» What is needed
Beneath this task are records; print exactly the stretch of them from the line with "of a place." through the line with "pub const OPEN_BUYS: usize = 12;", both ends included.

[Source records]
============

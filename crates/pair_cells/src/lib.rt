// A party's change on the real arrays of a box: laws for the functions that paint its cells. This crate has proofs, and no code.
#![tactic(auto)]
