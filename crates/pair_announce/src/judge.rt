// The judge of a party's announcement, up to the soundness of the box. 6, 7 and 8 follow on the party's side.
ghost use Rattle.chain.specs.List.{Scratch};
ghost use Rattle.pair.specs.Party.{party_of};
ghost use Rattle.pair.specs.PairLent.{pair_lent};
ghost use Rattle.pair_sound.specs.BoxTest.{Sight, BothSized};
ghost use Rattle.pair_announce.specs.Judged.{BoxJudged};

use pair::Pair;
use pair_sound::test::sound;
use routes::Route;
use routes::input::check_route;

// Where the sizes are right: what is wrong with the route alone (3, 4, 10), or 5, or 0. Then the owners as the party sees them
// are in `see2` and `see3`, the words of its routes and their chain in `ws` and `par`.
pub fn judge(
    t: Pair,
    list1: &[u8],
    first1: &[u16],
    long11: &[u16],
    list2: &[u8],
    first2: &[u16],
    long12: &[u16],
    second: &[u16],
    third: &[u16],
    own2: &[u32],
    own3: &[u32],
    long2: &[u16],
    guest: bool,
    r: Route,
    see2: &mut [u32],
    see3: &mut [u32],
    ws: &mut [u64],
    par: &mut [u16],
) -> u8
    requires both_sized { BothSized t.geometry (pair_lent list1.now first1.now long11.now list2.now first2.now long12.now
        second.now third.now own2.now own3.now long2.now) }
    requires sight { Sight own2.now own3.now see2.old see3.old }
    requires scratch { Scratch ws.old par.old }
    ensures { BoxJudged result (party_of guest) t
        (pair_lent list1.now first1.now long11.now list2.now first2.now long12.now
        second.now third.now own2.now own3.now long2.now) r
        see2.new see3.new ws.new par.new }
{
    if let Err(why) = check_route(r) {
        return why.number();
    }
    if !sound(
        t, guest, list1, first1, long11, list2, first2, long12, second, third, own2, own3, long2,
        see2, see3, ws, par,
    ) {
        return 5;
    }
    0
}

============

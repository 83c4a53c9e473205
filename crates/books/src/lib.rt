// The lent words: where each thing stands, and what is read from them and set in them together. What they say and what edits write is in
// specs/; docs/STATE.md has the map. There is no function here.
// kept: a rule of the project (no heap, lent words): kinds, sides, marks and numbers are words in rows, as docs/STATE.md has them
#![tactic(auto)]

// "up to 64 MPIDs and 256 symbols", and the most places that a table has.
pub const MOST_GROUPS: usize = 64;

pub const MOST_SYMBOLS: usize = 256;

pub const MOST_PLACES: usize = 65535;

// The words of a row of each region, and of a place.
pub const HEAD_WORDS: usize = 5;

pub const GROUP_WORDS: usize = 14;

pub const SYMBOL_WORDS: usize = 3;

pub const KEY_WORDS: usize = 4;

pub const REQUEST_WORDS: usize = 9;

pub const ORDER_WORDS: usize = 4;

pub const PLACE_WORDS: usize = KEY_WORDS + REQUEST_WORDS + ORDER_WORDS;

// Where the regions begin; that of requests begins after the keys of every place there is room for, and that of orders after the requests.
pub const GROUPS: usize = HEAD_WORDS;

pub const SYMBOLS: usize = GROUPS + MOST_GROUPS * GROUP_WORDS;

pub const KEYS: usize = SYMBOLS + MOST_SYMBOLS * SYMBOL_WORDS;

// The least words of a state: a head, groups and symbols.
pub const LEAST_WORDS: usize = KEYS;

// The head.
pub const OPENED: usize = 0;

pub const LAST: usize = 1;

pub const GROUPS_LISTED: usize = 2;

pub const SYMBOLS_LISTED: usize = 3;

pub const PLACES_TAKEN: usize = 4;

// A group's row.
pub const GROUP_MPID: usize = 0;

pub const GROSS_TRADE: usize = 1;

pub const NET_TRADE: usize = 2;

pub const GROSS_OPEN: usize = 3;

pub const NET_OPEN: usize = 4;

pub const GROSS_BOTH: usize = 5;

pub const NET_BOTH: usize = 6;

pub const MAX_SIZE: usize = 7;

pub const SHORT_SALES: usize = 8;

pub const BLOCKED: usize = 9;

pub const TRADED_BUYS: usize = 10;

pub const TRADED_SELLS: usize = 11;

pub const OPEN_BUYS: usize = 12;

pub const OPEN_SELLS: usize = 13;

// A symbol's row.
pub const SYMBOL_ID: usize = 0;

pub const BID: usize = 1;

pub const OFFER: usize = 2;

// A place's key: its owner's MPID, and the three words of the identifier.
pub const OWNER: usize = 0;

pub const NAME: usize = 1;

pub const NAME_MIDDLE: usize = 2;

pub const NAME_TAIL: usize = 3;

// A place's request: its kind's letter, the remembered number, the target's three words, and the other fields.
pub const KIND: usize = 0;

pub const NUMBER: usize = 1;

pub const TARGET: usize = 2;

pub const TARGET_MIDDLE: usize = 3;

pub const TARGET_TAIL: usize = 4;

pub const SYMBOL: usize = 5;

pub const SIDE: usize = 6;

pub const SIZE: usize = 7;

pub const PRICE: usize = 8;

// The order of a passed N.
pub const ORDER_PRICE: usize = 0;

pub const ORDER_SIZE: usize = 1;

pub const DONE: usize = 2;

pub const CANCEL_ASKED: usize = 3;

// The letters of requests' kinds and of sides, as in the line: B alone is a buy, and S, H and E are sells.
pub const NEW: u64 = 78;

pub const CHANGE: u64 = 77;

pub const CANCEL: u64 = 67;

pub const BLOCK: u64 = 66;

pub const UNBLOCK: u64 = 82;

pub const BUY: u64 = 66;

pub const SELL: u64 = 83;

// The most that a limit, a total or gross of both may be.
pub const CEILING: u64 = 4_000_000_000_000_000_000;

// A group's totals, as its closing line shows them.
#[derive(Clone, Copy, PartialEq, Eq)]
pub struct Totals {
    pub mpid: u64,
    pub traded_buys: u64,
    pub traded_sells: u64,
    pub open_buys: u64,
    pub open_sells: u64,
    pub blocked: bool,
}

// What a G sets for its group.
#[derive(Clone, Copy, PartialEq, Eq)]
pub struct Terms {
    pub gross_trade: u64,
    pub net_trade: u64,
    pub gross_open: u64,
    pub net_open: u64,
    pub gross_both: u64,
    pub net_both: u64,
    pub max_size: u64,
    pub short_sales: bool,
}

============

» Response to this task
// The words of a row of each region, and of a place.
pub const HEAD_WORDS: usize = 5;

pub const GROUP_WORDS: usize = 14;

pub const SYMBOL_WORDS: usize = 3;

pub const KEY_WORDS: usize = 4;

pub const REQUEST_WORDS: usize = 9;

pub const ORDER_WORDS: usize = 4;

pub const PLACE_WORDS: usize = KEY_WORDS + REQUEST_WORDS + ORDER_WORDS;

// Where the regions begin; that of requests begins after the keys of every place there is room for, and that of orders after the requests.
pub const GROUPS: usize = HEAD_WORDS;

pub const SYMBOLS: usize = GROUPS + MOST_GROUPS * GROUP_WORDS;

pub const KEYS: usize = SYMBOLS + MOST_SYMBOLS * SYMBOL_WORDS;

// The least words of a state: a head, groups and symbols.
pub const LEAST_WORDS: usize = KEYS;

// The head.
pub const OPENED: usize = 0;

pub const LAST: usize = 1;

pub const GROUPS_LISTED: usize = 2;

pub const SYMBOLS_LISTED: usize = 3;

pub const PLACES_TAKEN: usize = 4;

// A group's row.
pub const GROUP_MPID: usize = 0;

pub const GROSS_TRADE: usize = 1;

pub const NET_TRADE: usize = 2;

pub const GROSS_OPEN: usize = 3;

pub const NET_OPEN: usize = 4;

pub const GROSS_BOTH: usize = 5;

pub const NET_BOTH: usize = 6;

pub const MAX_SIZE: usize = 7;

pub const SHORT_SALES: usize = 8;

pub const BLOCKED: usize = 9;

pub const TRADED_BUYS: usize = 10;

pub const TRADED_SELLS: usize = 11;

pub const OPEN_BUYS: usize = 12;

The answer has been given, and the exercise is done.